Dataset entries
-*-
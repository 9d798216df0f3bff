//! The super clauses of a trait, in the place of a reference to it.

ghost use Rattle.std.specs.Prelude.{◌≡◌, ℕ, IfSome, slice_get, false};
ghost use Rattle.ir_trees.specs.Declarations.Declaring.{trait_at};
ghost use Rattle.ir_trees.specs.Declarations.References.{ArgumentsFit};
ghost use Rattle.ir_trees.specs.Hierarchy.Supers.{supers_at};
ghost use Rattle.ir_trees.specs.Instantiation.Folding.{lacks_argument};
ghost use Rattle.ir_trees.specs.Instantiation.Results.{HasArguments};
ghost use Rattle.ir_trees.specs.Syntax.Trees.{tree_holds};
ghost use Rattle.ir_trees.specs.Syntax.Words.{IsClause, ClauseListFits, args_forest, clause_tree};

use crate::decl::context::Cx;
use ir_trees::ir::kinds::{Clause, TraitRef};

impl Cx {
    /// All super clauses are of the context.
    #[tactic(auto, using(crate::proofs::Hierarchy::Walking::all_supers_fit))]
    pub fn recall_supers_fit(&self)
        ensures { (i : ℕ) → ClauseListFits self.now.trees (supers_at (trait_at self.now i)) }
    {
        let _ = self.contents.traits.len();
        self.recall_well_formed_table();
    }

    /// A super clause of the trait of a reference is of the context, and each of its parameters has an argument there.
    fn recall_super_clause_fits(&self, trait_ref: TraitRef, place: usize)
        requires { ArgumentsFit self.now trait_ref }
        ensures { let ts = self.now.trees in IfSome (slice_get (supers_at (trait_at self.now trait_ref.def_id.0)) place) (HasArguments ts trait_ref.args) }
    {
        let _ = self.contents.traits.len();
        self.recall_well_formed_table();
    }

    /// The super clause in that place of the trait of a reference: each of its parameters has an argument there.
    pub fn super_clause(&self, trait_ref: TraitRef, place: usize) -> Option<Clause>
        requires { ArgumentsFit self.now trait_ref }
        ensures is { result ≡ slice_get (supers_at (trait_at self.now trait_ref.def_id.0)) place }
        ensures sort { IfSome result (λ x. IsClause self.now.trees x) }
        ensures has { IfSome result (λ x. tree_holds (lacks_argument (args_forest self.now.trees trait_ref.args)) (clause_tree self.now.trees x) ≡ false) }
    {
        self.recall_super_clause_fits(trait_ref, place);
        self.super_clauses(trait_ref.def_id).get(place).copied()
    }
}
-*-
What needs to be done
Write all the records out again. Nothing may differ from the original.

Solution to the problem
repository 9d798216df0f3bff
//! The super clauses of a trait, in the place of a reference to it.

ghost use Rattle.std.specs.Prelude.{◌≡◌, ℕ, IfSome, slice_get, false};
ghost use Rattle.ir_trees.specs.Declarations.Declaring.{trait_at};
ghost use Rattle.ir_trees.specs.Declarations.References.{ArgumentsFit};
ghost use Rattle.ir_trees.specs.Hierarchy.Supers.{supers_at};
ghost use Rattle.ir_trees.specs.Instantiation.Folding.{lacks_argument};
ghost use Rattle.ir_trees.specs.Instantiation.Results.{HasArguments};
ghost use Rattle.ir_trees.specs.Syntax.Trees.{tree_holds};
ghost use Rattle.ir_trees.specs.Syntax.Words.{IsClause, ClauseListFits, args_forest, clause_tree};

use crate::decl::context::Cx;
use ir_trees::ir::kinds::{Clause, TraitRef};

impl Cx {
    /// All super clauses are of the context.
    #[tactic(auto, using(crate::proofs::Hierarchy::Walking::all_supers_fit))]
    pub fn recall_supers_fit(&self)
        ensures { (i : ℕ) → ClauseListFits self.now.trees (supers_at (trait_at self.now i)) }
    {
        let _ = self.contents.traits.len();
        self.recall_well_formed_table();
    }

    /// A super clause of the trait of a reference is of the context, and each of its parameters has an argument there.
    fn recall_super_clause_fits(&self, trait_ref: TraitRef, place: usize)
        requires { ArgumentsFit self.now trait_ref }
        ensures { let ts = self.now.trees in IfSome (slice_get (supers_at (trait_at self.now trait_ref.def_id.0)) place) (HasArguments ts trait_ref.args) }
    {
        let _ = self.contents.traits.len();
        self.recall_well_formed_table();
    }

    /// The super clause in that place of the trait of a reference: each of its parameters has an argument there.
    pub fn super_clause(&self, trait_ref: TraitRef, place: usize) -> Option<Clause>
        requires { ArgumentsFit self.now trait_ref }
        ensures is { result ≡ slice_get (supers_at (trait_at self.now trait_ref.def_id.0)) place }
        ensures sort { IfSome result (λ x. IsClause self.now.trees x) }
        ensures has { IfSome result (λ x. tree_holds (lacks_argument (args_forest self.now.trees trait_ref.args)) (clause_tree self.now.trees x) ≡ false) }
    {
        self.recall_super_clause_fits(trait_ref, place);
        self.super_clauses(trait_ref.def_id).get(place).copied()
    }
}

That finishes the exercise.